Cilia alignment does depend on cell maturation: this is clear by applying the lowest range of shear stresses. For shear stress τ=0.03 dyne cm−2 we measured the alignment parameter Φ to be positive and significantly different from zero, Φ=0.5, for cells treated during maturation. In contrast, the alignment parameter is approximately zero for cells with same flow treatment but at a mature stage, see Fig. 3. These measurements are in agreement with the results previously obtained (Guirao et al., 2010), where the alignment of the ciliary beat with shear stress τ=0.018 dyne cm−2 was only observed for cultures treated during cell maturation (DIV≤10).

Fig. 3.

Fig. 3.

Cilia beating alignment refines with the shear stress applied, both during and after cell maturation. Data represents the alignment parameter Φ as a function of the applied shear stress Θθτ∈[0.02, 0.8] dyne cm−2 for (A) cultures treated with flow during cell maturation (DIV5–8) and (B) cultures treated after maturation (cells imaged at DIV≥15). Both datasets in A and B are fitted with the empirical function Inline graphic. Each data point is the alignment parameter Φ averaged over at least 20 fields of view (more information on the statistics in Table S1). Error bars are s.e.m.

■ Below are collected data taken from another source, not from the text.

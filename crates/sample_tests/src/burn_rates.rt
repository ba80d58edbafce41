//! Burn rates against thresholds, and the three figures of a budget, by worked rows.
use crate::expectations::expect;
use burn_core::{above, burn, error_rate, remaining};
use exact_fraction::{Decimal, Fraction, Leaf, Op};
use slo_limits::MAX_SUM;

/// By each of the four comparisons, against a threshold in billionths.
#[test]
fn burn_rates_against_a_threshold(rt: HostRuntime) {
    let rows = [
        // 72/5 against 14.4: lte and gte hold, lt and gt don't.
        (98_560, 100_000, 14_400_000_000, [true, true, false, false]),
        // 1441/100 against 14.4
        (98_559, 100_000, 14_400_000_000, [false, true, false, true]),
        // 24/5 against 6
        (99_520, 100_000, 6_000_000_000, [true, false, true, false]),
        // no burn rate
        (0, 0, 0, [false, false, false, false]),
    ];
    let target = Decimal::of_billionths(999_000_000);
    for (num, den, threshold, want) in rows {
        let sum = Leaf { num, den };
        assert!(rt; sum.num <= sum.den && sum.den <= MAX_SUM && threshold <= 10_000_000_000_000);
        let threshold = Decimal::of_billionths(threshold);
        let got = [Op::Lte, Op::Gte, Op::Lt, Op::Gt].map(|op| above(sum, target, op, threshold));
        expect(&rt, got == want, "lte, gte, lt, gt");
    }
}

/// Two slices whose ratios of 1/3 and 2/3 were rounded down to billionths, against a target of 0.9.
#[test]
fn budgets_of_rounded_ratios(rt: HostRuntime) {
    let sum = Leaf {
        num: 999_999_999,
        den: 2_000_000_000,
    };
    let target = Decimal::of_billionths(900_000_000);
    assert!(rt; error_rate(sum) == Some(Fraction::of(1_000_000_001, 2_000_000_000)));
    assert!(rt; burn(sum, target) == Some(Fraction::of(1_000_000_001, 200_000_000)));
    assert!(rt; remaining(sum, target) == Some(Fraction::of(-800_000_001, 200_000_000)));
}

Each field of view contains between 100 and 400 cells. Cultures grown in tapered channels but not treated with shear stress do not show a global alignment, Fig. S4. (C) Distribution of cell beating directions treated with shear stress after cell maturation (data for cultures treated after maturation, and imaged at DIV≥15) as a function of the applied shear stress. Each graph has been extracted from at least 20 fields of view.

It is worth mentioning that, similarly to the Xenopus ciliated skin (Mitchell et al., 2007), no significant alignment was observed with mature cells at DIV 15, after treatment with high oscillatory shear stress (τosc=0.3 dyne cm−2 during the half-cycle), as shown in Fig. S3.

In Fig. 3A,B we show the alignment parameter Φ as a function of the applied shear stress, for the cultures treated before and after maturation. In both cases, we found that ciliary beating alignment increases with the applied shear stress. We fit these curves with an empirical function y=1–exp(–τ/τc). This function agrees reasonably well with most data points, and can be used to extract a parameter τc characterising the response of the cell culture at different maturation stages. We can think of τc as a critical value for the shear stress needed to induce a significant cilia alignment, the threshold Φ(τc)≈0.6. For cultures treated at a mature stage, we found τc=0.1±0.05 dyne cm−2, approximatively twice that obtained for cell treated during maturation, τc =0.05±0.02 dyne cm−2. In both cases, the shear stress generated by cilia-driven flow measured in the brain in vivo, (τ≈0.04–0.2 dyne cm−2; Faubel et al., 2016) would be enough to have a strong influence on the beating direction of neighbouring cilia.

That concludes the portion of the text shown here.